The Insolvency Service has published its latest company and individual insolvency statistics for England and Wales for July 2023.
Headlines from the latest monthly insolvency statistics are:
- The number of registered company insolvencies in July 2023 was 1,727 (6% lower than the 1,831 in July 2022). This was higher than levels seen while the Government support measures were in place in response to the coronavirus pandemic and also higher than pre-pandemic numbers.
- There were 248 compulsory liquidations in July 2023 (81% higher than in July 2022). Numbers of compulsory liquidations have increased from historical lows seen during the coronavirus pandemic, partly as a result of an increase in winding-up petitions presented by HMRC.
- In July 2023 there were 1,336 Creditors’ Voluntary Liquidations (17% lower than in July 2022). Numbers of administrations and Company Voluntary Arrangements were higher than in July 2022.

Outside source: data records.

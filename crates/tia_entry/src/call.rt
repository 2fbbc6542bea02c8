ghost use Rattle.std.specs.Prelude.{◌≡◌, ◌≤◌, ◌<◌, ◌^◌, List, ℕ, true, Ok, length, IfOk, IfSome};
ghost use Rattle.program_model.specs.Calls.{call_of, call_among, simple_entries, line_call, is_line_count, answered};
ghost use Rattle.tia_entry.specs.Buffers.{HasBuffer, call_with};

use crate::argument::{argument, behind_call, is_within};
use crate::file_call::call_of_file;
use cpu_regs::{MemoryPort, Regs};
use program_model::{Call, EntryFault};
use word36::{Acc, Word};

// The names of the entries as words, so that a call is told by a comparison of numbers.

/// RDFLX.
const READ_LINE: u64 = 0o512426436760;

/// WRFLX.
const WRITE_LINE: u64 = 0o665126436760;

/// SETMEM.
const SET_MEMORY: u64 = 0o622563442544;

/// GETTM.
const GET_TIME: u64 = 0o272563634460;

/// GETMEM.
const GET_MEMORY: u64 = 0o272563442544;

/// DEAD.
const DEAD: u64 = 0o242521246060;

/// DORMNT.
const DORMANT: u64 = 0o244651444563;

/// The two entries that have a line's buffer.
#[derive(Clone, Copy, Debug, PartialEq, Eq)]
enum LineEntry {
    Read,
    Write,
}

/// The call of an entry with a buffer.
fn call_with(entry: LineEntry, at: u16, count: u16) -> Call
    ensures { result ≡ call_with entry at count }
{
    match entry {
        LineEntry::Read => Call::ReadLine { at, count },
        LineEntry::Write => Call::WriteLine { at, count },
    }
}

/// The call with the buffer that the first argument names; where no line has so many words, the buffer isn't looked at.
fn read_line_call<M: MemoryPort>(
    regs: &Regs,
    core: &M,
    entry: LineEntry,
) -> Result<Call, EntryFault>
    ensures value { result ≡ line_call regs.now (M.words core.now) (call_with entry) }
    ensures within { IfOk result (HasBuffer (length (M.words core.now))) }
{
    let buffer = argument(regs, core, 1)?;
    let at = buffer.address();
    let count = buffer.decrement();
    if is_line_count(count) && !is_within(core, at, count) {
        return Err(EntryFault::Outside(at));
    }
    Ok(call_with(entry, at, count))
}

/// Whether a line may have so many words: 1 to 14.
pub fn is_line_count(count: u16) -> bool
    ensures { result ≡ is_line_count count }
{
    1 <= count && count <= 14
}

/// Whether the entry of a name is GETTM, of any program.
#[inline]
#[tactic(auto, unfolding(ctss_types::specs::Words::name_of))]
pub fn is_get_time(name: Word) -> bool
    ensures { result ≡ true → (r : Regs) (core : List ℕ) → call_of r core name ≡ Ok Call.GetTime }
{
    name.bits() == GET_TIME
}

/// Whether the entry of a name is GETMEM, of any program.
#[inline]
#[tactic(auto, unfolding(ctss_types::specs::Words::name_of))]
pub fn is_get_memory(name: Word) -> bool
    ensures { result ≡ true → (r : Regs) (core : List ℕ) → call_of r core name ≡ Ok Call.GetMemory }
{
    name.bits() == GET_MEMORY
}

/// What a program's call asks for, by the name of the entry. A fault changes nothing.
#[tactic(auto, unfolding(ctss_types::specs::Words::name_of))]
pub fn read_call<M: MemoryPort>(regs: &Regs, core: &M, name: Word) -> Result<Call, EntryFault>
    ensures value { result ≡ call_of regs.now (M.words core.now) name }
    ensures within { IfOk result (HasBuffer (length (M.words core.now))) }
{
    if name.bits() == READ_LINE {
        return read_line_call(regs, core, LineEntry::Read);
    }
    if name.bits() == WRITE_LINE {
        return read_line_call(regs, core, LineEntry::Write);
    }
    if name.bits() == SET_MEMORY {
        let size = argument(regs, core, 1)?;
        return Ok(Call::SetMemory {
            blocks: size.address(),
        });
    }
    simple_call(regs, core, name)
}

/// The calls without arguments, and those that ask for something of a file.
#[tactic(auto, unfolding(ctss_types::specs::Words::name_of))]
fn simple_call<M: MemoryPort>(regs: &Regs, core: &M, name: Word) -> Result<Call, EntryFault>
    ensures value { result ≡ call_among simple_entries regs.now (M.words core.now) name }
    ensures within { IfOk result (HasBuffer (length (M.words core.now))) }
{
    if name.bits() == GET_TIME {
        Ok(Call::GetTime)
    } else if name.bits() == GET_MEMORY {
        Ok(Call::GetMemory)
    } else if name.bits() == DEAD {
        Ok(Call::Dead)
    } else if name.bits() == DORMANT {
        Ok(Call::Dormant)
    } else {
        call_of_file(regs, core, name)
    }
}

/// Answers a call: the reply, a value where there is one, and on behind so many arguments.
pub fn answer(regs: &mut Regs, arguments: u8, reply: u8, value: Option<u64>)
    requires arguments { arguments ≤ 3 }
    requires reply { reply ≤ 7 }
    requires value { IfSome value (λ v. v < 2 ^ 35) }
    ensures value { regs.new ≡ answered regs.old arguments reply value }
    ensures ic { regs.new.ic < 2 ^ 15 }
{
    regs.ac = Acc::new(false, u64::from(reply));
    if let Some(value) = value {
        regs.mq = Word::signed(false, value);
    }
    regs.ic = behind_call(regs, u16::from(arguments) + 1);
}
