//! Steps of a program that works, and one step of a user.
ghost use Rattle.std.specs.Prelude.{◌≡◌, ◌<◌, ◌≤◌, ◌+◌, ◌-◌, ◌^◌, ℕ, List, true, false, None, Some, IfOk, OnOk, OnErr};
ghost use Rattle.program_model.specs.Fills.{StartsInCore};
ghost use Rattle.program_model.specs.declared.Fill.{Fill};
ghost use Rattle.user_model.specs.Session.{works_in};
ghost use Rattle.user_model.specs.Runs.{HaveGone, IsAtWork};
ghost use Rattle.ctss_types.specs.declared.file.CommonOp.{CommonOp};
ghost use Rattle.ctss_types.specs.declared.file.FileBody.{FileBody};
ghost use Rattle.user_session.specs.Changes.{IsStored, IsEntryFor};
ghost use Rattle.user_model.specs.Inner.{Stored};
ghost use Rattle.user_session.specs.Stores.{stored, Over, OfSome, IsToMake, Reads};
ghost use Rattle.user_session.specs.Turns.{IsReplied, IsTurn, Instructs, Runs};
ghost use Rattle.user_model.specs.Answers.{DidBreak, marked};
ghost use Rattle.user_model.specs.Programs.{at_break};
ghost use Rattle.file_model.specs.Commons.{ReplyFits};
ghost use Rattle.user_session.specs.Calls.{CanStep, IsCoreOf, IsAtInstruction, IsDirectoryOf, KeepsCore, KeepsUser, Leaves};

use crate::entry::STOPPED;
use crate::file_entry::WENT;
use crate::session::{Session, works_in};
use crate::turn::Instructed;
use crate::{Step, Turn};
use cmd_program::fill;
use cpu_regs::MemoryPort;
use cpu_step::{Stepped, run, step};
use ctss_types::{NoMemory, Reply, StepFault};
use dialogue::command_table::command_of;
use file_map::FilePort;
use program_model::Fill;
use tia_entry::read_call;
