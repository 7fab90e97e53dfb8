//! Laws of the object machine. Each call does nothing: its contract is the law.

ghost use Rattle.std.specs.Prelude.{◌≡◌, ◌≢◌, ◌≤◌, ℕ, List, [], true, Some, IsSome};
ghost use Rattle.ff_headers.specs.Changes.{is_sound};
ghost use Rattle.ff_headers.specs.Objects.{object_under, IsBacked};
ghost use Rattle.ff_headers.specs.RuleParts.{RuleParts};
ghost use Rattle.ff_headers.specs.declared.change.Change.{Change};
ghost use Rattle.admin_wire.specs.declared.command.Command.TheVariants.{Create, Query, Destroy};
ghost use Rattle.admin_wire.specs.declared.command.ObjData.{ObjData};
ghost use Rattle.admin_wire.specs.declared.command.ObjHead.{ObjHead};
ghost use Rattle.admin_wire.specs.Fields.{written};
ghost use Rattle.admin_wire.specs.Layouts.{object_fields};
ghost use Rattle.admin_wire.specs.Replies.{reply_bytes};
ghost use Rattle.admin_wire.specs.Wire.{Reads};
ghost use Rattle.cap_table.specs.Answers.{telling};
ghost use Rattle.cap_table.specs.Caps.{CapsParts, AreCaps};
ghost use Rattle.cap_table.specs.CapSets.{AreAllowed};
ghost use Rattle.cap_table.specs.Statuses.{no_memory};
ghost use Rattle.cap_table.specs.States.{DeviceState, IsValid, start_state};
ghost use Rattle.cap_table.specs.Steps.{effect_of, status_of, reply_of, next_state, state_after};
ghost use Rattle.cap_table.specs.Steps.{Puts, RunLeaves, IsInUse};
ghost use Rattle.cap_table.specs.declared.answer.Effect.TheVariants as effects;
ghost use Rattle.cap_table.specs.declared.start.Start.{Start};

/// A device is valid at its start, and after any commands: its objects are well formed within its limits, what its
/// driver set is within what it offers, and the first two opcodes are in use.
pub fn runs_are_valid()
    ensures start { (caps : CapsParts) (start : Start) → AreCaps caps → IsValid (start_state caps start) }
    ensures run { (state : DeviceState) (commands : List (List ℕ × ℕ)) → IsValid state
        → IsValid (state_after state commands) }
{}

/// In every state of every run the driver's selectors are of types that the device's are of, and ask for no mask that
/// those don't allow.
pub fn drivers_stay_within_the_device()
    ensures { (caps : CapsParts) (start : Start) (commands : List (List ℕ × ℕ)) → AreCaps caps
        → let state = state_after (start_state caps start) commands in
        AreAllowed state.caps.selectors state.driver.selectors }
{}

/// In every state of every run each rule's group and classifier are held. No command destroys the group or the
/// classifier of a rule, or changes that classifier.
pub fn named_objects_stay()
    ensures backed { (caps : CapsParts) (start : Start) (commands : List (List ℕ × ℕ)) (id : ℕ) (rule : RuleParts)
        → let state = state_after (start_state caps start) commands in AreCaps caps
        → object_under state.objects.rules id ≡ Some rule → IsBacked state.objects rule }
    ensures group { (state : DeviceState) (bytes : List ℕ) (room : ℕ) (id : ℕ) (rule : RuleParts) → IsValid state
        → object_under state.objects.rules id ≡ Some rule
        → IsSome (object_under (next_state state bytes room).objects.groups rule.group) }
    ensures classifier { (state : DeviceState) (bytes : List ℕ) (room : ℕ) (id : ℕ) (rule : RuleParts) → IsValid state
        → object_under state.objects.rules id ≡ Some rule
        → object_under (next_state state bytes room).objects.classifiers rule.classifier
        ≡ object_under state.objects.classifiers rule.classifier }
{}

/// A query gives back what the last accepted create or modify of the object put, with 0 in reserved bytes: after it
/// come any commands that are refused, have no room for a reply, or aren't about the object.
pub fn queries_give_back_what_was_put()
    ensures { (state : DeviceState) (put : List ℕ) (room : ℕ) (head : ObjHead) (object : ObjData) → IsValid state
        → Puts put head object → 8 ≤ room → status_of (reply_of state put room) ≡ 0
        → (commands : List (List ℕ × ℕ))
        → RunLeaves (next_state state put room) head.type_code head.id commands
        → let after = state_after (next_state state put room) commands in (query : List ℕ) (asked : ℕ)
        → Reads query (Query head) → IsInUse after (Query head)
        → reply_of after query asked ≡ reply_bytes (telling (written (object_fields object))) asked }
{}

/// A destroy right behind an accepted create gives the state before it.
#[tactic(auto, using(cap_table::proofs::UndoneCreates::undone_create))]
pub fn destroys_undo_creates()
    ensures { (state : DeviceState) (create destroy : List ℕ) (room later : ℕ) (head : ObjHead) (object : ObjData)
        → IsValid state → Reads create (Create head object) → Reads destroy (Destroy head) → 8 ≤ room → 8 ≤ later
        → status_of (reply_of state create room) ≡ 0 → IsInUse state (Destroy head)
        → next_state (next_state state create room) destroy later ≡ state }
{}

/// The change of an accepted command is sound in a valid state, so that it is really made.
#[tactic(auto, using(cap_table::proofs::ValidSteps::accepted_is_sound))]
pub fn accepted_changes_are_sound()
    ensures { (state : DeviceState) (bytes : List ℕ) (room : ℕ) (change : Change) → IsValid state
        → effect_of state bytes room ≡ effects.Change change → is_sound state.caps.limits state.objects change ≡ true }
{}

/// A command that is answered with another status than 0, or with no bytes, leaves the state as it was.
#[tactic(auto, using(cap_table::proofs::EveryAnswer::refused_stays, cap_table::proofs::EveryAnswer::silent_stays))]
pub fn refused_commands_change_nothing()
    ensures refused { (state : DeviceState) (bytes : List ℕ) (room : ℕ) → status_of (reply_of state bytes room) ≢ 0
        → next_state state bytes room ≡ state }
    ensures silent { (state : DeviceState) (bytes : List ℕ) (room : ℕ) → reply_of state bytes room ≡ []
        → next_state state bytes room ≡ state }
{}

/// No command is answered with the status for want of memory.
#[tactic(auto, using(cap_table::proofs::EveryAnswer::never_no_memory))]
pub fn no_reply_is_want_of_memory()
    ensures { (state : DeviceState) (bytes : List ℕ) (room : ℕ)
        → status_of (reply_of state bytes room) ≢ no_memory.status }
{}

- Of the 1,727 registered company insolvencies in July 2023, 19 were CVAs (almost four times as many as July 2022), there were 124 administrations (53% higher than July 2022) and there were no receivership appointments.
If businesses are financially distressed with cash flow issues, problems paying rent, staff or suppliers, or seeing stocks piling up, their directors should seek immediate advice. Be vigilant to the signs of financial distress and act now by seeking early specialist advice.
Nicky Fisher, President of R3, the UK’s insolvency and restructuring trade body, said: “The fall in corporate insolvency levels is due to fewer businesses entering a Creditors’ Voluntary Liquidation. However, a large number of directors are still using this process to close down their businesses. Despite the monthly and yearly falls in corporate insolvencies, numbers are still well above pre-pandemic levels as the economic issues continue to bite businesses.
“Costs are rising at a time when people are cutting spending back, leaving businesses facing the challenge of squeezed margins and shrinking revenues and having to work out whether to absorb their cost increases or pass them onto their customers.
“Alongside these, requests for wage increases, and higher energy bills are also hitting businesses hard as the costs of cooling premises in the summer are just as challenging as keeping them warm in the winter. These are making firms more cautious about investment or recruitment – especially as the increased cost of borrowing will make raising funds for investment more challenging.”